A leading Data Assimilation (DA) technique in meteorology is 4D-Var which relies on the Tangent Linear Model (TLM) of the nonlinear model and its adjoint. The difficulty of building and maintaining traditional TLMs and adjoints of coupled ocean–wave–atmosphere–etc. models is daunting. On the other hand, coupled model ensemble forecasts are readily available. Here, we show how an ensemble forecast can be used to construct an accurate Local Ensemble TLM (LETLM) and adjoint of the entire coupled system. The method features a local influence region containing all the variables that could possibly influence the time evolution of some target variable(s) near the centre of the region. We prove that high accuracy is guaranteed provided that (i) the ensemble perturbations are governed by linear dynamics, and (ii) the number of ensemble members exceeds the number of variables in the influence region. The approach is illustrated in a simple coupled model. This idealized coupled model has some realistic features including reasonable predictability limits in the upper atmosphere, lower atmosphere, upper ocean and lower ocean of 10, 96, 160 and 335 days, respectively. In addition, the length-scale of eddies in the ocean is about one fifth of those in the atmosphere.

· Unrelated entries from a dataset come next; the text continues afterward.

//! Capture files: the UDP packets of pcap and pcapng files, in memory or from a reader, and the
//! writer of a live run's record.
//!
//! - **In memory**: `open` takes the octets of a whole file and returns a `Capture`, an iterator over
//!   its packets. Payloads stay in the caller's octets. The first fault is the last item.
//! - **In pieces**: `BlockParser` is a position in a capture. Its calls take the octets from there
//!   on. As long as `is_cut` returns `true`, read more octets; then `next` passes over one record or
//!   block and returns what is in it: a packet, or a mark of a live run's record.
//! - **From a reader**: `open_reader` allocates 1 MiB and reads the header of the file. `has_block`
//!   reads until the next block is whole, `next_block` returns it, and `ReadBuffer::consume` passes
//!   over it. The first fault ends the file.
//! - **Writing a record**: `write_section_header` writes the time at which the studio was opened.
//!   `write_interface` then describes a path and its stream's configuration (`RecordedStream`), stream
//!   by stream and path by path; `BlockParser::interface_texts` reads both back. `write_packet`
//!   writes a datagram that arrived, as an IPv4 packet, and `write_statistics` the time of the close.
//!   In the record of a run whose gains can change, `write_gains_interface` describes one more
//!   interface behind those of all paths, and `write_change` writes a change of gains that was taken, as
//!   a packet on it; `read_change` reads its payload. Each writes one block to the front of the caller's
//!   slice, which has `MAX_BLOCK_LEN` octets, and returns its length. Times are in nanoseconds since the
//!   opening (`nanoseconds_after`).
//!   `whole_blocks` finds how much of what was written so far ends with a whole block.
//!
//! Only `open_reader` allocates. What a file holds is defined as `packets_of` and, with the marks of
//! a record, `entries_of`, by draft-ietf-opsawg-pcap, draft-ietf-opsawg-pcapng and tcpdump's registry
//! of link types. `records_are_read_back` states that a written record is read back.
#![tactic(auto)]

mod block_parser;
mod block_type;
mod capture;
mod cursor;
mod decode;
mod encode;
mod fault;
mod laws;
mod reader;
mod record_blocks;

pub use block_parser::{BlockParser, CaptureBlock};
pub use capture::open;
pub use cursor::Capture;
pub use decode::Packet;
pub use decode::interface_texts::InterfaceTexts;
pub use decode::ipv4::{UdpBody, UdpDatagram, UdpPacket};
pub use decode::record_mark::{RecordMark, decimal_number};
pub use decode::recorded_change::{ChangeHead, read_change};
pub use encode::body::{InterfaceName, interface_name};
pub use encode::datagram::{MAX_DATAGRAM_LEN, RecordedDatagram, nanoseconds_after};
pub use encode::recorded_change::{MAX_RECORDED_GAINS, RecordedChange};
pub use encode::recorded_stream::{Description, RecordedStream};
pub use encode::{
    MAX_BLOCK_LEN, write_change, write_gains_interface, write_interface, write_packet,
    write_section_header, write_statistics,
};
pub use fault::{CaptureFault, CaptureFaultKind, ReaderFault};
pub use laws::{
    changes_are_read_back, checksums_are_right, instants_come_back, paths_are_read_back,
    records_are_read_back,
};
pub use reader::buffer::ReadBuffer;
pub use reader::{cut_fault, has_block, has_whole_block, interface_texts, next_block, open_reader};
pub use record_blocks::{WholeBlocks, whole_blocks};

The easy manner in which the adjoint is obtained from the LETLM is also described and illustrated by demonstrating how the LETLM adjoint predicts the high sensitivity of oceanic boundary-layer evolution to changes in the atmosphere. Finally, the feasibility of LETLMs for 4D-Var is demonstrated. Specifically, a case is considered with a 5-day data assimilation window in which nonlinear terms play a significant role in the evolution of forecast error; it is shown that the posterior mode delivered by 4D-Var with an LETLM, its adjoint and ten outer loops approximately recovers the true state in spite of a spatially sparse observational network.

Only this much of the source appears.